Romans 6:1-14 We are dead to sin, but alive in Christ. Sin does not have to control us. Many of us have been lost in sinful behaviors and addictions, but the resurrection of Christ offers us the hope that this destructive nature can die and that something better can take its place. The things that kill us—the things that destroy our health and our relationships have no power compared to the power of the resurrected Christ. If we are willing to die to these things, then we can have a new life in Christ. Some people have a Damascus Road experience in which their lives are so radically transformed that they would be practically unrecognizable the next day after meeting Christ and submitting to Him—that’s the kind of experience Paul had. But others, like Peter, and most of us discover new things daily that we must decide to die to in order to be able to live to God.

Dying to my sins is appealing to me insofar as I do not like to experience pain in my marriage or friendships. I don’t like to do things that make me sick or carry guilt that sickens me. I don’t like carrying secrets that could destroy my reputation and credibility. For our residents I like to talk about this in terms of not having to be afraid of the cops or worry about ever having to go to jail again or relapse and overdose. Avoiding pain is a good motivator.

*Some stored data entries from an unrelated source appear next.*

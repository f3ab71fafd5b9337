// The line that tells what a comparison found, into a lent list of bytes.
ghost use Rattle.std.specs.Prelude.{◌≡◌, ◌+◌, ◌*◌, ◌<◌, ◌≤◌, [], ◌∷◌, ◌++◌, length, decimal, MatchResult};
ghost use Rattle.arrayvec.specs.ArrayVec.{array_vec_len};
ghost use Rattle.book.specs.Line.{symbols_shown, forms_shown, dots, places_shown, verdict_shown, LineWritten, LineRefused};

use super::pens::Pen;
use arrayvec::ArrayVec;
use faults::{Fault, Layer};
use itoa::Buffer;
use symbols::Printable;

/// The most symbols that a line shows.
pub const MOST_SHOWN: usize = 8;

/// More bytes than any line has.
pub const MOST_TEXT: usize = 320;

/// How many symbols are shown of a word of this length, if there is one.
pub fn shown_symbols(missed: Option<usize>) -> usize
    ensures { result ≡ symbols_shown missed }
{
    missed.map_or(0, |length| length.min(MOST_SHOWN))
}

/// Adds bytes that there is room for.
fn add(text: &mut ArrayVec<u8, MOST_TEXT>, bytes: &[u8])
    requires { array_vec_len text.old + length bytes.now ≤ 320 }
    ensures { text.new.items ≡ text.old.items ++ bytes.now }
{
    text.try_extend_from_slice(bytes).unwrap();
}

/// Adds a number in decimal.
fn add_decimal(text: &mut ArrayVec<u8, MOST_TEXT>, n: usize)
    requires { array_vec_len text.old + length (decimal n) ≤ 320 }
    ensures { text.new.items ≡ text.old.items ++ decimal n }
{
    add(text, Buffer::new().format(n).as_bytes());
}

/// Adds a space and the form of each symbol.
fn add_forms<P: Printable>(text: &mut ArrayVec<u8, MOST_TEXT>, symbols: &[P])
    requires { array_vec_len text.old + length (forms_shown P.Printable.written symbols.now) ≤ 320 }
    ensures { text.new.items ≡ text.old.items ++ forms_shown P.Printable.written symbols.now }
{
    for symbol in symbols {
        add(text, b" ");
        add(text, symbol.written().text());
    }
}

/// Adds the two places.
fn add_places(text: &mut ArrayVec<u8, MOST_TEXT>, first: usize, second: usize)
    requires { array_vec_len text.old + length (places_shown first second) ≤ 320 }
    ensures { text.new.items ≡ text.old.items ++ places_shown first second }
{
    add_decimal(text, first);
    add(text, b" in ");
    add_decimal(text, second);
}

/// Adds the sign for a word of more symbols than are shown, and the end of the line.
fn add_end(text: &mut ArrayVec<u8, MOST_TEXT>, count: usize)
    requires { array_vec_len text.old + 5 ≤ 320 }
    ensures { text.new.items ≡ text.old.items ++ (dots count ++ (10 ∷ [])) }
{
    if count > MOST_SHOWN {
        add(text, b" ...\n");
    } else {
        add(text, b"\n");
    }
}

/// Adds what follows the places, with the symbols that are shown.
fn add_verdict<P: Printable>(text: &mut ArrayVec<u8, MOST_TEXT>, missed: Option<usize>, shown: &[P])
    requires most { length shown.now ≤ 8 }
    requires room { array_vec_len text.old + 305 ≤ 320 }
    ensures { text.new.items ≡ text.old.items ++ verdict_shown P.Printable.written missed shown.now }
{
    match missed {
        None => add(text, b": included\n"),
        Some(length) => {
            add(text, b": not, ");
            add_decimal(text, length);
            add(text, b" symbols:");
            add_forms(text, shown);
            add_end(text, length);
        }
    }
}

/// Writes the line of two places first into the list, and gives its length. `missed` is how many symbols the word has that shows that the first model is
/// not included in the second, and none where it is included; the symbols are the first of that word. The first place that is not below 16 gives fault 8,
/// fewer symbols than are shown 11, and a list too short for the line 11.
pub fn line<P: Printable>(
    first: usize,
    second: usize,
    missed: Option<usize>,
    symbols: &[P],
    out: &mut [u8],
) -> Result<usize, Fault>
    ensures { MatchResult result (λ n. LineWritten P.Printable.written first second missed symbols.now out.old out.new n) (λ f. LineRefused P.Printable.written first second missed symbols.now (length out.old) f × (out.new ≡ out.old)) }
{
    if first >= 16 {
        return Err(Fault::NoPlace { place: first });
    }
    if second >= 16 {
        return Err(Fault::NoPlace { place: second });
    }
    let shown = shown_symbols(missed);
    if symbols.len() < shown {
        return Err(Fault::ShortList {
            layer: Layer::Line,
            cells: shown,
        });
    }
    let mut text = ArrayVec::new();
    add_places(&mut text, first, second);
    add_verdict(&mut text, missed, &symbols[..shown]);
    if out.len() < text.len() {
        return Err(Fault::ShortList {
            layer: Layer::Line,
            cells: text.len(),
        });
    }
    let mut pen = Pen::new(out);
    pen.put(&text);
    Ok(pen.at)
}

But living a productive, meaningful life, a life “to God” is even more attractive. This motivation moves past just thinking, “What if I didn’t have to worry about this any more?” It takes us to a new place of “What am I here for? How can I use my life in a good way?” And we get to begin to answer that question by first committing it to God—by realizing that it is now Christ’s life to live through us. The parts of our body can be “instruments of righteousness” (Romans 6:13).